(Stored items)
········

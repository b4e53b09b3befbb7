// Types of expressions, as far as they are told.

use script_syntax::ValueType;
use std::alloc::{AllocError, Global};
use std::fmt;

/// What makes a type of another one.
#[derive(Clone, Copy, Debug, PartialEq, Eq)]
enum Maker {
    List,
    Ref,
}

/// A type: a number, and what is made of it, one after the other.
#[derive(Drop)]
pub(crate) struct Kind {
    makers: Vec<Maker>,
}

/// Puts what makes a type at the end.
fn put_makers(makers: &mut Vec<Maker>, kind: &ValueType) -> Result<(), AllocError> {
    match kind {
        ValueType::Int => Ok(()),
        ValueType::List(items) => {
            put_makers(makers, items)?;
            makers.push(Maker::List)?;
            Ok(())
        }
        ValueType::Ref(inner) => {
            put_makers(makers, inner)?;
            makers.push(Maker::Ref)?;
            Ok(())
        }
    }
}

impl Kind {
    /// The type `int`.
    pub(crate) fn number(alloc: Global) -> Kind {
        Kind {
            makers: Vec::new(alloc),
        }
    }

    /// A type as it is written.
    pub(crate) fn of(alloc: Global, kind: &ValueType) -> Result<Kind, AllocError> {
        let mut makers = Vec::new(alloc);
        put_makers(&mut makers, kind)?;
        Ok(Kind { makers })
    }

    /// An equal type.
    pub(crate) fn copy(&self) -> Result<Kind, AllocError> {
        let makers = self.makers.clone()?;
        Ok(Kind { makers })
    }

    /// The type of lists of such values. The one error is want of memory.
    pub(crate) fn listed(self) -> Result<Kind, AllocError> {
        let mut makers = self.makers;
        makers.push(Maker::List)?;
        Ok(Kind { makers })
    }

    /// A reference to such.
    pub(crate) fn referred(self) -> Result<Kind, AllocError> {
        let mut makers = self.makers;
        makers.push(Maker::Ref)?;
        Ok(Kind { makers })
    }

    /// What the type is made of: a list's items, or what a reference leads to.
    pub(crate) fn inner(self) -> Kind {
        let mut makers = self.makers;
        let _ = makers.pop();
        Kind { makers }
    }

    /// Whether the two types are equal.
    pub(crate) fn is(&self, other: &Kind) -> bool {
        self.makers.as_slice() == other.makers.as_slice()
    }

    /// Whether it is `int`.
    pub(crate) fn is_number(&self) -> bool {
        self.makers.is_empty()
    }

    /// Whether it is a list, of whatever items.
    pub(crate) fn is_list(&self) -> bool {
        match self.makers.as_slice() {
            [.., Maker::List] => true,
            _ => false,
        }
    }

    /// Whether it is a reference, to whatever value.
    pub(crate) fn is_reference(&self) -> bool {
        match self.makers.as_slice() {
            [.., Maker::Ref] => true,
            _ => false,
        }
    }

    /// Whether it is a reference to values of the other type.
    pub(crate) fn is_reference_to(&self, other: &Kind) -> bool {
        match self.makers.as_slice() {
            [inner @ .., Maker::Ref] => inner == other.makers.as_slice(),
            _ => false,
        }
    }

    /// Whether a reference stands in it.
    pub(crate) fn has_reference(&self) -> bool {
        for maker in &self.makers {
            if *maker == Maker::Ref {
                return true;
            }
        }
        false
    }
}

impl fmt::Display for Kind {
    fn fmt<W: fmt::Write>(&self, f: &mut fmt::Formatter<W>) -> fmt::Result {
        for maker in self.makers.iter().rev() {
            match maker {
                Maker::List => f.write_str("[")?,
                Maker::Ref => f.write_str("ref ")?,
            }
        }
        f.write_str("int")?;
        for maker in &self.makers {
            if *maker == Maker::List {
                f.write_str("]")?;
            }
        }
        Ok(())
    }
}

········

Check each line of the entries above, and show every one holding the word "Result".

fn put_makers(makers: &mut Vec<Maker>, kind: &ValueType) -> Result<(), AllocError> {
    pub(crate) fn of(alloc: Global, kind: &ValueType) -> Result<Kind, AllocError> {
    pub(crate) fn copy(&self) -> Result<Kind, AllocError> {
    pub(crate) fn listed(self) -> Result<Kind, AllocError> {
    pub(crate) fn referred(self) -> Result<Kind, AllocError> {
    fn fmt<W: fmt::Write>(&self, f: &mut fmt::Formatter<W>) -> fmt::Result {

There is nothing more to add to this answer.